By Islay Aitchison, Researcher at the TaxPayers’ Alliance
Last month, during a panel discussion at the World Economic Forum at Davos, the chancellor confirmed the government has opted to appease the anti-enterprise forces that make up so much of the British and global elite. The Digital Services Tax (DST) will come into force in April 2020.
The DST applies to businesses providing a social media platform, search engine or online marketplace to British users. It’s a cash-grab dressed up as a boost for the high street. However, far from bringing life back to local shopping centres, all the DST will achieve is to increase in the cost of living for ordinary taxpayers, chill investment in Britain’s tech industry and put other sectors at risk of international tariffs.

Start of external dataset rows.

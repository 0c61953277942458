//! The comments of `play`: on a replica that is shown, on a need of a read, on a conit's true value, and on a loan or
//! a return over its limit. Where one of the private calls fails, the text still begins with what it was.
ghost use Rattle.std.specs.Prelude.{◌≡◌, ◌<◌, ◌≤◌, ◌+◌, ◌∷◌, ◌++◌, [], List, All, length, codes, decimal, OnOk, OnErr};
ghost use Rattle.std.specs.Fmt.{signed_decimal};
ghost use Rattle.std.specs.List.{flat_map};
ghost use Rattle.run_model.specs.Histories.{part_of};
ghost use Rattle.run_model.specs.ScriptRuns.{bounded_token, show_text, need_text};
ghost use Rattle.run_model.specs.Text.{spaced, BeginsWith};
ghost use Rattle.run_model.specs.declared.entry.Entry.{Entry};
ghost use Rattle.replica_core.specs.Stands.{Stands};
ghost use Rattle.script_run.specs.Comments.{TellsTruth, have_tokens, last_token, writes_tokens, state_tokens, shown_core, need_comment, reference_comment, refusal_comment};

use crate::page::Page;
use reference_book::{Book, Errors};
use replica_core::{LastOne, Replica};
use run_model::{Config, all_or_nothing, put_number, put_row, put_token};
use tact_base::{Bytes, Need, NoMemory, ShortText, print_number, print_signed};

/// Appends the comment that shows a replica of a setup, with its line feed. It goes through no list of writes.
/// `NoMemory` leaves `out` as it was.
pub(crate) fn show(
    config: &Config,
    replica: u32,
    view: &Replica,
    out: &mut Bytes,
) -> Result<(), NoMemory>
    requires setup { view.now.core.setup ≡ config.now }
    requires replica { view.now.core.replica ≡ replica }
    ensures ok { OnOk result (out.new ≡ out.old ++ shown_core view.now.core) }
    ensures of_history { OnOk result ((history : List Entry) → Stands (part_of history replica) view.now.core
        → out.new ≡ out.old ++ show_text config.now history replica) }
    ensures err { OnErr result (out.new ≡ out.old) }
{
    let start = out.len();
    let done = print_replica(config.replicas(), replica, view, out);
    all_or_nothing(done, start, out)
}

/// Appends the comment on a need of an answered read, of which these are the errors, with its line feed. `NoMemory`
/// leaves `out` as it was.
pub(crate) fn need(errors: &Errors, need: &Need, out: &mut Bytes) -> Result<(), NoMemory>
    ensures ok { OnOk result (out.new ≡ out.old ++ need_comment errors.now need.now) }
    ensures err { OnErr result (out.new ≡ out.old) }
{
    let start = out.len();
    let done = print_need(errors, need, out);
    all_or_nothing(done, start, out)
}

/// Appends the comments on the needs of a read that a replica answered at a moment, with their line feeds, by the
/// book of all writes accepted up to the answer. `NoMemory` leaves `out` as it was.
pub(crate) fn needs(
    book: &Book,
    view: &Replica,
    moment: u64,
    needs: &[Need],
    out: &mut Bytes,
) -> Result<(), NoMemory>
    requires conits { view.now.core.setup.conits ≡ book.now.conits }
    requires replicas { view.now.core.setup.replicas ≡ length book.now.logs }
    requires needs { All (λ need. need.conit < book.now.conits) needs.now }
    ensures of_history { OnOk result ((history : List Entry) → TellsTruth book.now view.now.core history
        → out.new ≡ out.old ++ flat_map (need_text view.now.core.setup history view.now.core.replica moment) needs.now) }
    ensures err { OnErr result (out.new ≡ out.old) }
{
    let start = out.len();
    let done = print_needs(book, view, moment, needs, out);
    all_or_nothing(done, start, out)
}

/// Appends the comment on the true value of a conit, with its line feed. `NoMemory` leaves `out` as it was.
pub(crate) fn reference(conit: u32, value: i64, out: &mut Bytes) -> Result<(), NoMemory>
    ensures ok { OnOk result (out.new ≡ out.old ++ reference_comment conit value) }
    ensures err { OnErr result (out.new ≡ out.old) }
{
    let start = out.len();
    let done = print_reference(conit, value, out);
    all_or_nothing(done, start, out)
}

/// Appends the comment on a loan that is over what its owner has at home, with its line feed. `NoMemory` leaves the
/// page as it was.
pub(crate) fn lend_refused(
    owner: u32,
    holder: u32,
    conit: u32,
    amount: u64,
    home: u64,
    page: &mut Page,
) -> Result<(), NoMemory>
    ensures ok { OnOk result (page.new
        ≡ page.old ++ refusal_comment (codes "lend") (owner ∷ holder ∷ conit ∷ amount ∷ []) (codes "home") home) }
    ensures err { OnErr result (page.new ≡ page.old) }
{
    let numbers = [
        u64::from(owner),
        u64::from(holder),
        u64::from(conit),
        amount,
    ];
    refused(b"lend", &numbers, b"home", home, &mut page.text)
}

/// Appends the comment on a return that is over what its holder has free, with its line feed. `NoMemory` leaves the
/// page as it was.
pub(crate) fn back_refused(
    holder: u32,
    owner: u32,
    conit: u32,
    amount: u64,
    free: u64,
    page: &mut Page,
) -> Result<(), NoMemory>
    ensures ok { OnOk result (page.new
        ≡ page.old ++ refusal_comment (codes "back") (holder ∷ owner ∷ conit ∷ amount ∷ []) (codes "free") free) }
    ensures err { OnErr result (page.new ≡ page.old) }
{
    let numbers = [
        u64::from(holder),
        u64::from(owner),
        u64::from(conit),
        amount,
    ];
    refused(b"back", &numbers, b"free", free, &mut page.text)
}

// Appends the comment on what is refused: its word, its numbers, and its limit.
fn refused(
    word: &[u8],
    numbers: &[u64],
    limit: &[u8],
    most: u64,
    out: &mut Bytes,
) -> Result<(), NoMemory>
    ensures ok { OnOk result (out.new ≡ out.old ++ refusal_comment word.now numbers.now limit.now most) }
    ensures err { OnErr result (out.new ≡ out.old) }
{
    let start = out.len();
    let done = print_refusal(word, numbers, limit, most, out);
    all_or_nothing(done, start, out)
}

#[tactic(auto, using(run_model::proofs::TextLemmas::begins_grown, run_model::proofs::TextLemmas::always_err))]
fn print_refusal(
    word: &[u8],
    numbers: &[u64],
    limit: &[u8],
    most: u64,
    out: &mut Bytes,
) -> Result<(), NoMemory>
    ensures ok { OnOk result (out.new ≡ out.old ++ refusal_comment word.now numbers.now limit.now most) }
    ensures err { OnErr result (BeginsWith out.old out.new) }
{
    out.append(b"#")?;
    put_row(word, numbers, out)?;
    put_row(limit, &[most], out)?;
    out.push(b'\n')
}

#[tactic(auto, using(run_model::proofs::TextLemmas::begins_grown, run_model::proofs::TextLemmas::always_err))]
fn print_reference(conit: u32, value: i64, out: &mut Bytes) -> Result<(), NoMemory>
    ensures ok { OnOk result (out.new ≡ out.old ++ reference_comment conit value) }
    ensures err { OnErr result (BeginsWith out.old out.new) }
{
    out.append(b"#")?;
    put_row(b"ref", &[u64::from(conit)], out)?;
    put_signed(value, out)?;
    out.push(b'\n')
}

#[tactic(auto, using(run_model::proofs::TextLemmas::begins_grown, run_model::proofs::TextLemmas::always_err))]
fn put_signed(value: i64, out: &mut Bytes) -> Result<(), NoMemory>
    ensures ok { OnOk result (out.new ≡ out.old ++ spaced (signed_decimal value ∷ [])) }
    ensures err { OnErr result (BeginsWith out.old out.new) }
{
    out.push(b' ')?;
    print_signed(out, value)
}

#[tactic(auto, using(run_model::proofs::TextLemmas::begins_grown, run_model::proofs::TextLemmas::always_err))]
fn print_need(errors: &Errors, need: &Need, out: &mut Bytes) -> Result<(), NoMemory>
    ensures ok { OnOk result (out.new ≡ out.old ++ need_comment errors.now need.now) }
    ensures err { OnErr result (BeginsWith out.old out.new) }
{
    put_first_bound(errors, need, out)?;
    put_other_bounds(errors, need, out)
}

#[tactic(auto, using(run_model::proofs::TextLemmas::begins_grown, run_model::proofs::TextLemmas::always_err))]
fn print_needs(
    book: &Book,
    view: &Replica,
    moment: u64,
    needs: &[Need],
    out: &mut Bytes,
) -> Result<(), NoMemory>
    requires conits { view.now.core.setup.conits ≡ book.now.conits }
    requires replicas { view.now.core.setup.replicas ≡ length book.now.logs }
    requires needs { All (λ need. need.conit < book.now.conits) needs.now }
    ensures of_history { OnOk result ((history : List Entry) → TellsTruth book.now view.now.core history
        → out.new ≡ out.old ++ flat_map (need_text view.now.core.setup history view.now.core.replica moment) needs.now) }
    ensures err { OnErr result (BeginsWith out.old out.new) }
{
    for need in needs {
        let errors = book.errors(view, moment, need.conit);
        print_need(&errors, need, out)?;
    }
    Ok(())
}

// The beginning of the comment on a need: its conit, and the numerical error with its bound.
fn put_first_bound(errors: &Errors, need: &Need, out: &mut Bytes) -> Result<(), NoMemory>
    ensures ok { OnOk result (out.new ≡ out.old
        ++ codes "#" ++ spaced (codes "need" ∷ decimal need.now.conit ∷ codes "num" ∷ bounded_token errors.now.num need.now.num ∷ [])) }
    ensures err { OnErr result (out.new ≡ out.old) }
{
    let mut text = ShortText::new();
    put_bounded(&mut text, b"num", errors.num, need.num);
    text.put_marked(b' ', u64::from(need.conit));
    text.put_word(b' ', b"need");
    text.put(b'#');
    out.append(text.bytes())
}

// The rest of it: the other errors with their bounds, and a line feed.
fn put_other_bounds(errors: &Errors, need: &Need, out: &mut Bytes) -> Result<(), NoMemory>
    ensures ok { OnOk result (out.new ≡ out.old
        ++ spaced (codes "order" ∷ bounded_token errors.now.order need.now.order
        ∷ codes "stale" ∷ bounded_token errors.now.age need.now.stale ∷ []) ++ 10 ∷ []) }
    ensures err { OnErr result (out.new ≡ out.old) }
{
    let mut text = ShortText::new();
    text.put(b'\n');
    put_bounded(&mut text, b"stale", errors.age, need.stale);
    put_bounded(&mut text, b"order", errors.order, need.order);
    out.append(text.bytes())
}

// Puts a word, and an error with its bound.
fn put_bounded(text: &mut ShortText, word: &[u8], error: u64, bound: u64)
    requires { length word.now + 42 < text.old.room }
    ensures items { text.new.items ≡ spaced (word.now ∷ bounded_token error bound ∷ []) ++ text.old.items }
    ensures room { text.old.room ≤ text.new.room + (length word.now + 43) }
{
    text.put_marked(b'/', bound);
    text.put_marked(b' ', error);
    text.put_word(b' ', word);
}

#[tactic(auto, using(run_model::proofs::TextLemmas::begins_grown, run_model::proofs::TextLemmas::always_err))]
fn print_replica(
    replicas: u32,
    replica: u32,
    view: &Replica,
    out: &mut Bytes,
) -> Result<(), NoMemory>
    requires replicas { view.now.core.setup.replicas ≡ replicas }
    requires replica { view.now.core.replica ≡ replica }
    ensures ok { OnOk result (out.new ≡ out.old ++ shown_core view.now.core) }
    ensures err { OnErr result (BeginsWith out.old out.new) }
{
    out.append(b"#")?;
    put_logs(replicas, replica, view, out)?;
    put_state(view, out)?;
    out.push(b'\n')
}

// Which replica it is, and how many writes of each origin it has.
#[tactic(auto, using(run_model::proofs::TextLemmas::begins_grown, run_model::proofs::TextLemmas::always_err))]
fn put_logs(replicas: u32, replica: u32, view: &Replica, out: &mut Bytes) -> Result<(), NoMemory>
    requires { view.now.core.setup.replicas ≡ replicas }
    ensures ok { OnOk result (out.new ≡ out.old
        ++ spaced (codes "show" ∷ decimal replica ∷ codes "have" ∷ have_tokens view.now.core)) }
    ensures err { OnErr result (BeginsWith out.old out.new) }
{
    put_row(b"show", &[u64::from(replica)], out)?;
    put_token(b"have", out)?;
    put_haves(replicas, view, out)
}

#[tactic(auto, using(run_model::proofs::TextLemmas::begins_grown, run_model::proofs::TextLemmas::always_err))]
fn put_haves(replicas: u32, view: &Replica, out: &mut Bytes) -> Result<(), NoMemory>
    requires { view.now.core.setup.replicas ≡ replicas }
    ensures ok { OnOk result (out.new ≡ out.old ++ spaced (have_tokens view.now.core)) }
    ensures err { OnErr result (BeginsWith out.old out.new) }
{
    for origin in 0..replicas {
        put_number(view.have(origin), out)?;
    }
    Ok(())
}

// Its clock, its point, and what of its writes is committed and tentative.
#[tactic(auto, using(run_model::proofs::TextLemmas::begins_grown, run_model::proofs::TextLemmas::always_err))]
fn put_state(view: &Replica, out: &mut Bytes) -> Result<(), NoMemory>
    ensures ok { OnOk result (out.new ≡ out.old ++ spaced (state_tokens view.now.core)) }
    ensures err { OnErr result (BeginsWith out.old out.new) }
{
    put_row(b"clock", &[view.clock()], out)?;
    put_row(b"point", &[view.point()], out)?;
    put_writes(view, out)
}

#[tactic(auto, using(run_model::proofs::TextLemmas::begins_grown, run_model::proofs::TextLemmas::always_err))]
fn put_writes(view: &Replica, out: &mut Bytes) -> Result<(), NoMemory>
    ensures ok { OnOk result (out.new ≡ out.old ++ spaced (writes_tokens view.now.core.writes.point view.now.core.writes.seen)) }
    ensures err { OnErr result (BeginsWith out.old out.new) }
{
    put_row(b"committed", &[view.committed_count()], out)?;
    put_token(b"last", out)?;
    put_last(view.last_committed(), out)?;
    put_row(b"tentative", &[view.tentative().len() as u64], out)
}

#[tactic(auto, using(run_model::proofs::TextLemmas::begins_grown, run_model::proofs::TextLemmas::always_err))]
fn put_last(last: Option<LastOne>, out: &mut Bytes) -> Result<(), NoMemory>
    ensures ok { OnOk result (out.new ≡ out.old ++ spaced (last_token last ∷ [])) }
    ensures err { OnErr result (BeginsWith out.old out.new) }
{
    match last {
        None => put_token(b"none", out),
        Some(last) => {
            put_number(u64::from(last.origin), out)?;
            out.push(b'.')?;
            print_number(out, last.index)
        }
    }
}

Despite its limited scope — businesses only become liable to pay once they have a global revenue of over £500m — the DST is fundamentally a punishment for success in an increasingly-important sector. It makes Britain a less appealing place to invest because even small firms will take the long-term cost-benefit analysis of the British tax regime into account. More broadly, the introduction of the DST damages the country’s reputation as a potentially lucrative place to invest in tech. Through the DST, the government is exhibiting its willingness to undermine tech productivity to score political points. There is a perception that certain firms are doing too well and the government seems to be trying to harness some of that perception without considering the costs.
The government ought to think carefully of the reciprocal taxes the DST could provoke. When France proposed a similar tax, the United States threatened to place tariffs on French products such as wine, cheese and cosmetics. Britain is facing similar treatment. After Sajid Javid confirmed that the DST would go ahead, Steven Mnuchin, the United States treasury secretary, said: “if people want to arbitrarily put taxes on our digital companies, we’ll consider arbitrarily putting taxes on their car companies.” If the government’s intention is, as the Prime Minister suggested, for the DST to force tech giants to “pay a fair contribution”, it’s miscalculated. The DST may ultimately harm all kinds of British export sectors, big and small, putting strain on the economy, hurting businesses and the typical taxpayer.
A major reason for the perception digital firms are not paying enough tax is the inadequacy of corporation tax in the modern globalised economy. It has become steadily more difficult to accurately attribute and therefore tax value creation due to the increasingly globalised and information-driven economy, especially as it applies to international and digitally-focused companies. This is impacting corporation tax receipts and is likely one of the factors pushing the government towards the introduction of the DST.
However, there is no reason to believe that the Digital Services Tax will, as claimed by the government, “level the playing field” between online retailers and brick and mortar stores, saving Britain’s high streets. Certainly, smaller shops are struggling to compete against both retailers like Tesco and major online stores. But the reason for this is not some special super-advantage that being online brings. Large retailers, in whatever form they take, are able to offer consumers better value products. Smaller shops have been struggling relatively for decades, long before the rise of the likes of Amazon. On top of this competitive disadvantage, many of Britain’s high streets stores are pushed into charging more by corporation tax and business rates. If the government really wants to assist the high street, then it should rule out rises in business rates and alter the rating system to exempt the value of buildings and improvements. We have also outlined a possible change whereby business rates would change relative to the rental value of businesses. From a government perspective, helping the high street by slashing business rates also has the added bonus of being hugely popular, as our polling last year highlighted.
However, consumers aren’t only factoring in price — they’re concerned about convenience. Unlike browsing online, high street patronage is tedious and time-consuming. Increasingly, there are fewer and worse options available. A principal cause of this isn’t an unfair tax regime, but burdensome over-regulation by local councils and direction from central government. Accordingly, the DST will not stop the waning of the high street. Better regulation and more innovation are what the high street needs.
While the government may promise a certain outcome, the market is ultimately driven by consumer buying habits. Target taxes like the DST don’t tend to have the impact governments campaign on, because they ignore the fact that no tax exists in a vacuum, and the cost is always passed on to customers.
In the end, France pulled its “GAFA” (Google, Apple, Facebook, Amazon) tax and agreed to hold fire until an international agreement could be reached. As a result, other French industries remained safe from retaliation by the United States. While, regrettably, an international agreement on tax for large tech companies is probably inevitable, there’s no reason for Britain to go ahead with the DST alone. The grim reality is that Britain is already struggling to compete, with only eight of the top 200 digital firms hailing from the United Kingdom. Logic leads to one clear conclusion: the government needs to stop interfering.